How the middleware controls memory

ReMe always writes the new exchange back through auto_memory after each reply, in every mode — mode only selects how the agent retrieves:

static_control

The middleware does the retrieval, the agent is unaware:

  1. on_reply (pre) starts a background asyncio task that searches ReMe with the latest user message, running concurrently with the reply.
  2. on_reasoning polls that task before each reasoning step; once it has finished, the middleware appends an AssistantMsg(name="memory", ...) HintBlock to state.context so the next model call sees it. Injection is best-effort: a single-shot reply (one model call) may finish before retrieval does, so the hint lands on a later step or is skipped for that turn — the same trade-off as AgenticMemoryMiddleware. Turns with a tool call (two or more reasoning steps) inject reliably.
  3. on_reply (post) writes the new (user, assistant) exchange back via auto_memory.

The injected memory message persists in the agent's context across turns. If long sessions accumulate too many, post-process with compress_context or a custom middleware.

agent_control

The middleware lists a single memory_search(query, limit) tool and otherwise stays out of the way (auto write-back still runs). Pass it into the agent's toolkit explicitly:

python
mw = ReMeMiddleware(..., mode="agent_control")
agent = Agent(
    ...,
    toolkit=Toolkit(tools=await mw.list_tools()),
    middlewares=[mw],
)

The system prompt gets a short nudge telling the agent the search tool exists; per-tool usage guidance comes through the standard tool schema. No automatic retrieval.

both (default)

Both retrieval paths are active: memories are auto-retrieved and appended to the agent's context as an assistant note, AND the memory_search tool (with its system-prompt hint) is exposed for explicit on-demand search.
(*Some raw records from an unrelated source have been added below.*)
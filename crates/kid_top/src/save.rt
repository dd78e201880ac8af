ghost use Rattle.std.specs.Prelude.{◌≡◌, ◌≢◌, ◌⊎◌, OnOk, IfErr, IsErrOf};
ghost use Rattle.std.specs.Bool.{OnFalse};
ghost use Rattle.kid_outer.specs.Causes.{NeverFall, Rose};
ghost use Rattle.kid_outer.specs.Held.{ChangesOnly};
ghost use Rattle.kid_top.specs.Failed.{has_failed};
ghost use Rattle.kid_top.specs.Saves.{SavesOne, SavesBoth, SavesInOrder, NoneRose, SavesFront, IsLateStop};

use crate::stop::Stop;
use kid_outer::{SaveAnswer, Store};
use std::alloc::Global;

/// Makes a name hold these bytes. Where that is not done and no call on the name failed, it holds what it held.
fn save<S: Store>(alloc: Global, store: &mut S, name: &str, bytes: &[u8]) -> Result<(), Stop>
    ensures ok { OnOk result (SavesOne name.now bytes.now (S.held store.old) (S.held store.new)) }
    ensures others { ChangesOnly name.now (S.held store.old) (S.held store.new) }
    ensures failed { IsErrOf result Stop.Failed → Rose (S.faults store.old name.now) (S.faults store.new name.now) }
    ensures whole { (Rose (S.faults store.old name.now) (S.faults store.new name.now) → ⊥) → IfErr result (λ _. S.held store.new ≡ S.held store.old) }
    ensures late { IfErr result IsLateStop }
    ensures still { OnFalse (has_failed result) (S.faults store.new ≡ S.faults store.old) }
    ensures later { NeverFall (S.faults store.old) (S.faults store.new) }
{
    match store.save(alloc, name, bytes) {
        Ok(()) => Ok(()),
        Err(SaveAnswer::Failed) => Err(Stop::Failed),
        Err(SaveAnswer::Memory) => Err(Stop::Memory),
    }
}

/// Saves the derivation, and then the program. The two names differ. Where the second is not saved the first stays.
pub fn save_both<S: Store>(
    alloc: Global,
    store: &mut S,
    derivation: &str,
    program: &str,
    derivation_bytes: &[u8],
    program_bytes: &[u8],
) -> Result<(), Stop>
    requires { derivation.now ≢ program.now }
    ensures ok { OnOk result (SavesBoth derivation.now program.now derivation_bytes.now program_bytes.now (S.held store.old) (S.held store.new)) }
    ensures kept { SavesInOrder derivation.now program.now derivation_bytes.now (S.held store.old) (S.held store.new) }
    ensures failed { IsErrOf result Stop.Failed → Rose (S.faults store.old derivation.now) (S.faults store.new derivation.now) ⊎ Rose (S.faults store.old program.now) (S.faults store.new program.now) }
    ensures whole { NoneRose derivation.now program.now (S.faults store.old) (S.faults store.new) → SavesFront derivation.now program.now derivation_bytes.now program_bytes.now (S.held store.old) (S.held store.new) }
    ensures late { IfErr result IsLateStop }
    ensures still { OnFalse (has_failed result) (S.faults store.new ≡ S.faults store.old) }
{
    save(alloc, store, derivation, derivation_bytes)?;
    save(alloc, store, program, program_bytes)
}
Memory scoping (session_id)

ReMe scopes write-back by session_id, read live from agent.state.session_id at hook time — never stored on the middleware. Search runs workspace-wide (across every session), which is what lets a later session recall an earlier one's memories even with a different session_id. To pin a resumable session, set the id on the agent:

python
from agentscope.state import AgentState

agent = Agent(..., state=AgentState(session_id="alice-main"))

The demo does exactly this — session-1 writes the preference, session-2 (a fresh agent, empty chat context) recalls it through the shared workspace.

Sharing one middleware across agents

Because the session_id is read per call (not stored) and the chat model is fixed at construction (tied to the embedded app's single LLM), one ReMeMiddleware can be safely shared across many agents and sessions — build it once and pass it to each agent:

python
mw = ReMeMiddleware(
    workspace_dir=".reme",
    chat_model=chat_model,
    embedding_model=embedding_model,
    mode="both",
)
agent_a = Agent(..., middlewares=[mw], state=AgentState(session_id="a"))
agent_b = Agent(..., middlewares=[mw], state=AgentState(session_id="b"))

This is what the demo does. Call await mw.close() on shutdown to tear down the embedded app (AgentScope doesn't manage middleware lifecycle).

Configuration

config selects a ReMe config (defaults to the bundled "default", which is auto-memory + BM25-only search — its file store ships with embedding_store: ""). To enable vector search, provide an embedding_model (what the demo does) — the middleware then wires ReMe's file store to the default embedding store automatically:

python
ReMeMiddleware(
    workspace_dir=".reme",
    parameters=ReMeMiddleware.Parameters(
        embedding_model=my_embedding_model,  # turns the vector store on
    ),
)

ReMe's as_llm / as_embedding components are otherwise driven by environment variables (LLM_API_KEY, EMBEDDING_API_KEY, ...) from its own config; injecting AgentScope chat_model / embedding_model bypasses those. If you need a config the dedicated parameters don't expose, point config at your own ReMe config file. See ReMe's default.yaml for the full component set.

Note (indexing): auto_memory write-back returns as soon as the daily card is written to disk; the card only becomes searchable once ReMe indexes it. The demo forces a synchronous reindex after each write so the next read deterministically sees it, rather than relying on ReMe's background index loop. See _reindex in reme_demo.py.